Take It Away, Space Man
Hello and welcome!
It’s been a minute since my last post because I’ve been a bit busy. To be specific I’ve been busy having a baby and recovering from the birth of our second son.
On Sunday, September 18th (about 24 hours exactly before our scheduled c-section), my water broke. I started freaking out a bit, not going to lie. I desperately didn’t want to leave my toddler but I had to. I was progressing a lot quicker than the first time and we live farther away from the hospital now.
I walked in, signed my name a couple of times with soaking pants (were the papers THAT important?), and began the waiting process to get prepped for my c-section.
We opted for the c-section for safety reasons as my eldest was in extreme danger during our last delivery and I sustained bad injuries which have been life-altering really. And although I knew the c-section was the right choice, I was scared out of my mind. But it all went incredibly smoothly and I didn’t even have a panic attack on the operating table (although I almost did but I prayed a lot so thanks God).
And now we somehow have a family of 5. Our newest member fits right in and has captured the hearts of every single person in our family, even our toddler. I was so worried about what my eldest son would think but he is already highly protective of his baby brother. He checks on him constantly and always wants to know where he is and what he is doing. It’s the most precious thing to see ever.
It’s also definitely coming with its challenges which is natural of course. But I give it all to God. With the help of my incredible husband and my amazing mom, sister, and mother-in-law, I’ve been able to make it through this almost full 2 weeks post-partum.
Our newest member is perfect. Here on this platform, he will go by CJ as I don’t like to share my children much online. He’s super calm and chilled out. His cries are like squeaks (although he can get mad if he wants to). He came with loads of dark hair which I think will shock me for the rest of my life after having two redheads I really didn’t think it was in our genetic combination to make a dark-haired child but here we are. He looks a lot like his big brother and even shares some of the same funny physical details (like one toe that crosses over another). To say I’m grateful for my boys is an understatement.

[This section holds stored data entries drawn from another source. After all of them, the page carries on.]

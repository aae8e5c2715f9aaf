// The axes of a picture, and the values of the other parameters.
ghost use Rattle.std.specs.Prelude.{◌≡◌, [], slice_index_or, unsigned_abs};
ghost use Rattle.lift_base.specs.Outside.{Wrote};
ghost use Rattle.view_text.specs.Axes.{axis_text, cut_text, cuts_from, end_text, ends_text, name_label};
ghost use Rattle.view_text.specs.Axes.{parameter_name, short_name, span_text};
ghost use Rattle.view_text.specs.Numbers.{fraction_text};

use crate::axis::Axis;
use crate::fraction::write_fraction;
use crate::style::{TEXT_END, ends_start, name_start, write_cut_start};
use crate::ticks::write_ticks;
use cert_text::Head;
use lift_base::{Sink, Word, WriteFault, write_all, write_words, writes_in_turn};
use view_map::{Cut, Slice, span_at};

/// How many bytes of a name are shown at most.
const LONGEST: usize = 24;

/// The name of a parameter.
pub(crate) fn parameter_name(head: &Head, parameter: u32) -> &[u8]
    ensures { result.now ≡ parameter_name head.now parameter }
{
    let names = head.model().names();
    if parameter < names.len() {
        names.get(parameter)
    } else {
        b""
    }
}

// Writes a name, without its middle where it is long.
fn write_short<K: Sink>(out: &mut K, name: &[u8]) -> Result<(), WriteFault>
    ensures { Wrote K.taken K.faults out.old out.new result (short_name name.now) }
{
    if name.len() <= LONGEST {
        return write_all(out, name);
    }
    write_words(
        out,
        &[
            Word::Text(&name[..11]),
            Word::Text(b"&#8230;"),
            Word::Text(&name[name.len() - 12..]),
        ],
    )
}

// Writes a parameter's name, whole for who points at it, and short.
fn write_label<K: Sink>(out: &mut K, head: &Head, parameter: u32) -> Result<(), WriteFault>
    ensures { Wrote K.taken K.faults out.old out.new result (name_label head.now parameter) }
{
    writes_in_turn::<K>();
    let name = parameter_name(head, parameter);
    write_all(out, b"<title>")?;
    write_all(out, name)?;
    write_all(out, b"</title>")?;
    write_short(out, name)
}

/// Writes an end of a parameter's span, over the grid.
pub(crate) fn write_end<K: Sink>(out: &mut K, head: &Head, end: i64) -> Result<(), WriteFault>
    ensures { Wrote K.taken K.faults out.old out.new result (end_text head.now end) }
{
    let _ = head.w();
    let d = head.grid().d;
    write_fraction(out, end, d.unsigned_abs())
}

// Writes both ends of a span.
fn write_ends<K: Sink>(out: &mut K, head: &Head, low: i64, high: i64) -> Result<(), WriteFault>
    ensures { Wrote K.taken K.faults out.old out.new result (ends_text head.now (low, high)) }
{
    writes_in_turn::<K>();
    write_all(out, b"from ")?;
    write_end(out, head, low)?;
    write_all(out, b" to ")?;
    write_end(out, head, high)
}

// Writes a parameter's name, its ends and its ticks.
fn write_span<K: Sink>(
    out: &mut K,
    head: &Head,
    axis: Axis,
    parameter: u32,
) -> Result<(), WriteFault>
    ensures { Wrote K.taken K.faults out.old out.new result (span_text head.now axis parameter) }
{
    writes_in_turn::<K>();
    let span = span_at(head.root().sides(), parameter);
    write_all(out, name_start(axis))?;
    write_label(out, head, parameter)?;
    write_all(out, ends_start(axis))?;
    write_ends(out, head, span.0, span.1)?;
    write_all(out, TEXT_END)?;
    write_ticks(out, head, axis, span.0, span.1)
}

/// Writes the same of the parameter on an axis, where there is one.
pub(crate) fn write_axis<K: Sink>(
    out: &mut K,
    head: &Head,
    axis: Axis,
    parameter: Option<u32>,
) -> Result<(), WriteFault>
    ensures { Wrote K.taken K.faults out.old out.new result (axis_text head.now axis parameter) }
{
    writes_in_turn::<K>();
    match parameter {
        None => Ok(()),
        Some(parameter) => write_span(out, head, axis, parameter),
    }
}

// Writes a value.
fn write_value<K: Sink>(out: &mut K, cut: Cut) -> Result<(), WriteFault>
    ensures { Wrote K.taken K.faults out.old out.new result
        (fraction_text cut.num (unsigned_abs cut.den)) }
{
    let (num, den) = cut.value();
    write_fraction(out, num, den.unsigned_abs())
}

// Writes a value of a parameter, on that line.
fn write_cut<K: Sink>(out: &mut K, head: &Head, line: u64, cut: Cut) -> Result<(), WriteFault>
    ensures { Wrote K.taken K.faults out.old out.new result (cut_text head.now line cut) }
{
    writes_in_turn::<K>();
    write_cut_start(out, line)?;
    write_label(out, head, cut.parameter())?;
    write_all(out, b" = ")?;
    write_value(out, cut)?;
    write_all(out, TEXT_END)
}

/// Writes the values of the other parameters.
pub(crate) fn write_cuts<K: Sink>(out: &mut K, head: &Head, slice: &Slice) -> Result<(), WriteFault>
    ensures { Wrote K.taken K.faults out.old out.new result (cuts_from head.now 0 slice.now.cuts) }
{
    writes_in_turn::<K>();
    for (line, cut) in slice.cuts().iter().enumerate() {
        write_cut(out, head, line as u64, *cut)?;
    }
    Ok(())
}
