//! What iterations over a model look up: where rows and their weights stand, which states lead to a
//! state, and an order of the states.

ghost use Rattle.std.specs.Prelude.{◌≡◌, ◌+◌, ◌<◌, ◌≤◌, false, length, map, slice_index_or, slice_range, IfOk};
ghost use Rattle.lift_model.specs.Model.{ModelData};
ghost use Rattle.lift_model.specs.OnlyRow.{IsOnlyRow};
ghost use Rattle.lift_model.specs.Links.{LinksData, ArePlaces, AreLinks, state_count, choice_count, row_place, place, states_before, positions_before, position};

use crate::before::{find_first, find_sources};
use crate::blocks::FirstRow;
use crate::layout::{RowPlace, lay_out};
use crate::lists::{number_at, zeros};
use crate::model::Model;
use crate::only_row::{OnlyRow, find_only_rows, only_row_at};
use crate::order::order_states;
use std::alloc::{AllocError, Global};

/// What iterations over a model look up, made once for it.
#[derive(Drop)]
pub struct Links {
    row_starts: Vec<u32>,
    rows: Vec<RowPlace>,
    targets: Vec<u32>,
    firsts: Vec<FirstRow>,
    weights: u32,
    starts: Vec<u32>,
    ends: Vec<u32>,
    before: Vec<u32>,
    before_positions: Vec<u32>,
    order: Vec<u32>,
    component_ends: Vec<u32>,
    positions: Vec<u32>,
    lone: Vec<bool>,
    only_rows: Vec<OnlyRow>,
}

impl std::marker::Model for Links {
    ghost use Rattle.lift_model.specs.Links.{LinksData};

    ghost Value = { LinksData };

    ghost use Rattle.lift_model.specs.Stored.{links_of, AreStored, AreOnlyRows};

    ghost view = { links_of };

    ghost invariant = { λ l. AreStored (links_of l) × AreOnlyRows l };
}

/// The positions of these states.
fn positions_of(alloc: Global, states: &[u32], positions: &[u32]) -> Result<Vec<u32>, AllocError>
    ensures { IfOk result (λ list. list.items ≡ map (λ s. slice_index_or positions.now s 0) states.now) }
{
    let mut list = Vec::with_capacity(alloc, states.len())?;
    for s in states {
        list.push(number_at(positions, *s as usize))?;
    }
    Ok(list)
}

impl Links {
    /// The links of a model. Takes memory, and a time nearly linear in the model's size.
    pub fn build(alloc: Global, model: &Model) -> Result<Links, AllocError>
        ensures { IfOk result (λ links. AreLinks model.now links) }
    {
        let (layout, starts) = lay_out(alloc, model)?;
        let (firsts, weights) = layout.blocks.into_firsts();
        let count = model.states() as usize;
        let sources = find_sources(alloc, count, &layout.targets, &starts.targets)?;
        let order = order_states(alloc, model, &layout.targets, &starts.targets)?;
        let before_positions = positions_of(alloc, &sources.states, &order.positions)?;
        let lone = find_first(
            alloc,
            &order.positions,
            &sources.starts,
            &sources.ends,
            &before_positions,
        )?;
        let only_rows = find_only_rows(
            alloc,
            &starts.rows,
            &layout.rows,
            &layout.targets,
            model.states(),
        )?;
        Ok(Links {
            row_starts: starts.rows,
            rows: layout.rows,
            targets: layout.targets,
            firsts,
            weights,
            starts: sources.starts,
            ends: sources.ends,
            before: sources.states,
            before_positions,
            order: order.states,
            component_ends: order.ends,
            positions: order.positions,
            lone,
            only_rows,
        })
    }

    /// The places of a model's rows alone, for who looks up nothing else: the states before each state
    /// and the order are left out, which take most of the time. Nothing is promised then of `before`,
    /// `positions_before`, `order`, `component_ends`, `position` and `is_lone`.
    pub fn build_places(alloc: Global, model: &Model) -> Result<Links, AllocError>
        ensures { IfOk result (λ links. ArePlaces model.now links) }
    {
        let (layout, starts) = lay_out(alloc, model)?;
        let (firsts, weights) = layout.blocks.into_firsts();
        let count = model.states() as usize;
        Ok(Links {
            row_starts: starts.rows,
            rows: layout.rows,
            targets: layout.targets,
            firsts,
            weights,
            starts: zeros(alloc, count)?,
            ends: zeros(alloc, count)?,
            before: Vec::new(alloc),
            before_positions: Vec::new(alloc),
            order: zeros(alloc, count)?,
            component_ends: zeros(alloc, count)?,
            positions: zeros(alloc, count)?,
            lone: Vec::new(alloc),
            only_rows: Vec::new(alloc),
        })
    }

    /// The states that have an entry into `s`, ascending.
    #[inline(always)]
    pub fn before(&self, s: u32) -> &[u32]
        requires { s < state_count self.now }
        ensures { result.now ≡ states_before self.now s }
    {
        &self.before[self.starts[s as usize] as usize..self.ends[s as usize] as usize]
    }

    /// The positions of the states that have an entry into `s`.
    #[inline(always)]
    pub fn positions_before(&self, s: u32) -> &[u32]
        requires { s < state_count self.now }
        ensures { result.now ≡ positions_before self.now s }
    {
        &self.before_positions[self.starts[s as usize] as usize..self.ends[s as usize] as usize]
    }

    /// The number of choices of a state.
    #[inline(always)]
    pub fn choices(&self, s: u32) -> u32
        requires { s < state_count self.now }
        ensures { result ≡ choice_count self.now s }
    {
        self.row_starts[s as usize + 1].saturating_sub(self.row_starts[s as usize])
    }

    /// The number of a row, in reading order.
    #[inline(always)]
    pub fn row_place(&self, s: u32, a: u32) -> usize
        requires state { s < state_count self.now }
        requires choice { a < choice_count self.now s }
        ensures value { result ≡ row_place self.now s a }
        ensures inside { result < length self.now.rows }
    {
        self.row_starts[s as usize] as usize + a as usize
    }

    /// Where a row's targets and weights stand.
    #[inline(always)]
    pub fn place(&self, s: u32, a: u32) -> RowPlace
        requires state { s < state_count self.now }
        requires choice { a < choice_count self.now s }
        ensures { result ≡ place self.now s a }
    {
        self.rows[self.row_place(s, a)]
    }

    /// The only row of a state, if it has one, and that is short and leads elsewhere. Where the places alone were
    /// built, nothing is told of it.
    #[inline(always)]
    pub fn only_row(&self, s: u32) -> OnlyRow
        ensures { (m : ModelData) → ArePlaces m self.now → s < length m.states → IsOnlyRow m self.now s result }
    {
        only_row_at(&self.only_rows, s as usize)
    }

    /// The places of all rows of a state, in order.
    pub fn places(&self, s: u32) -> &[RowPlace]
        requires { s < state_count self.now }
        ensures { result.now ≡ slice_range self.now.rows (row_place self.now s 0) (row_place self.now (s + 1) 0) }
    {
        &self.rows[self.row_starts[s as usize] as usize..self.row_starts[s as usize + 1] as usize]
    }

    /// The place of a row's first corner weight in a table. Only rows with the same polynomials, entry
    /// for entry, share a place.
    pub fn weight_place(&self, s: u32, a: u32) -> usize
        requires state { s < state_count self.now }
        requires choice { a < choice_count self.now s }
        ensures { result ≡ (place self.now s a).weights }
    {
        self.place(s, a).weights as usize
    }

    /// The targets of the row that stands at that place, entry by entry.
    #[inline(always)]
    pub fn targets(&self, place: RowPlace) -> &[u32]
        requires { place.entries + place.count ≤ length self.now.targets }
        ensures { result.now ≡ slice_range self.now.targets place.entries (place.entries + place.count) }
    {
        let entries = place.entries as usize;
        &self.targets[entries..entries + place.count as usize]
    }

    /// The rows that have a block of weights in a table, in the blocks' order.
    pub fn firsts(&self) -> &[FirstRow]
        ensures { result.now ≡ self.now.firsts }
    {
        &self.firsts
    }

    /// How many weights a table has.
    pub fn weights_len(&self) -> usize
        ensures { result ≡ self.now.weights }
    {
        self.weights as usize
    }

    /// The states by their strongly connected components: those that a component leads to come before
    /// it. Nothing is promised of this but that each state stands at its position.
    #[inline(always)]
    pub fn order(&self) -> &[u32]
        ensures { result.now ≡ self.now.order }
    {
        &self.order
    }

    /// For each position in the order where the component that it lies in ends.
    #[inline(always)]
    pub fn component_ends(&self) -> &[u32]
        ensures { result.now ≡ self.now.component_ends }
    {
        &self.component_ends
    }

    /// Whether all states that lead to this one stand behind it in the order, but for itself. True of states
    /// that lie on no cycle, but for a self loop; where it is false, nothing is promised.
    #[inline(always)]
    pub fn is_lone(&self, s: u32) -> bool
        ensures { result ≡ slice_index_or self.now.lone s false }
    {
        self.lone.get(s as usize).copied().unwrap_or(false)
    }

    /// The position of a state in the order.
    #[inline(always)]
    pub fn position(&self, s: u32) -> u32
        requires { s < state_count self.now }
        ensures { result ≡ position self.now s }
    {
        self.positions[s as usize]
    }
}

The adjustment has not been easy. I think it’s funny after a major surgery normally you are told to take it easy. Well after a c-section, you are given some weird advice. Take it easy, but take care of this newborn and any other children you have. Don’t lift but carry your baby and don’t drive but somehow get to all these appointments in the first 2 weeks of recovery. Not to mention for me the mental recovery that has come with this whole being awake throughout an entire surgery but not being able to move. And on top of it all, the hormones are off the wall. I have had horrible feelings and thoughts. I’ve felt hopeless and so overwhelmed all I could do was cry. But I’ve called on my support system and submitted my needs to God; He is healing me. I no longer feel hopeless. I feel overwhelmed, yes at times. But I don’t feel hopeless. I know this newborn phase of not sleeping much is short. I also know this phase of my toddler testing the limits won’t be forever either. All of this is new here and we will fit into a good routine.
So as we go into our first week without any family staying with us, I look forward to figuring out life as the new “us”.
God has blessed us immensely. I’m so grateful for this new blessing.
Welcome to the family, my little half-pint. We all love you so much.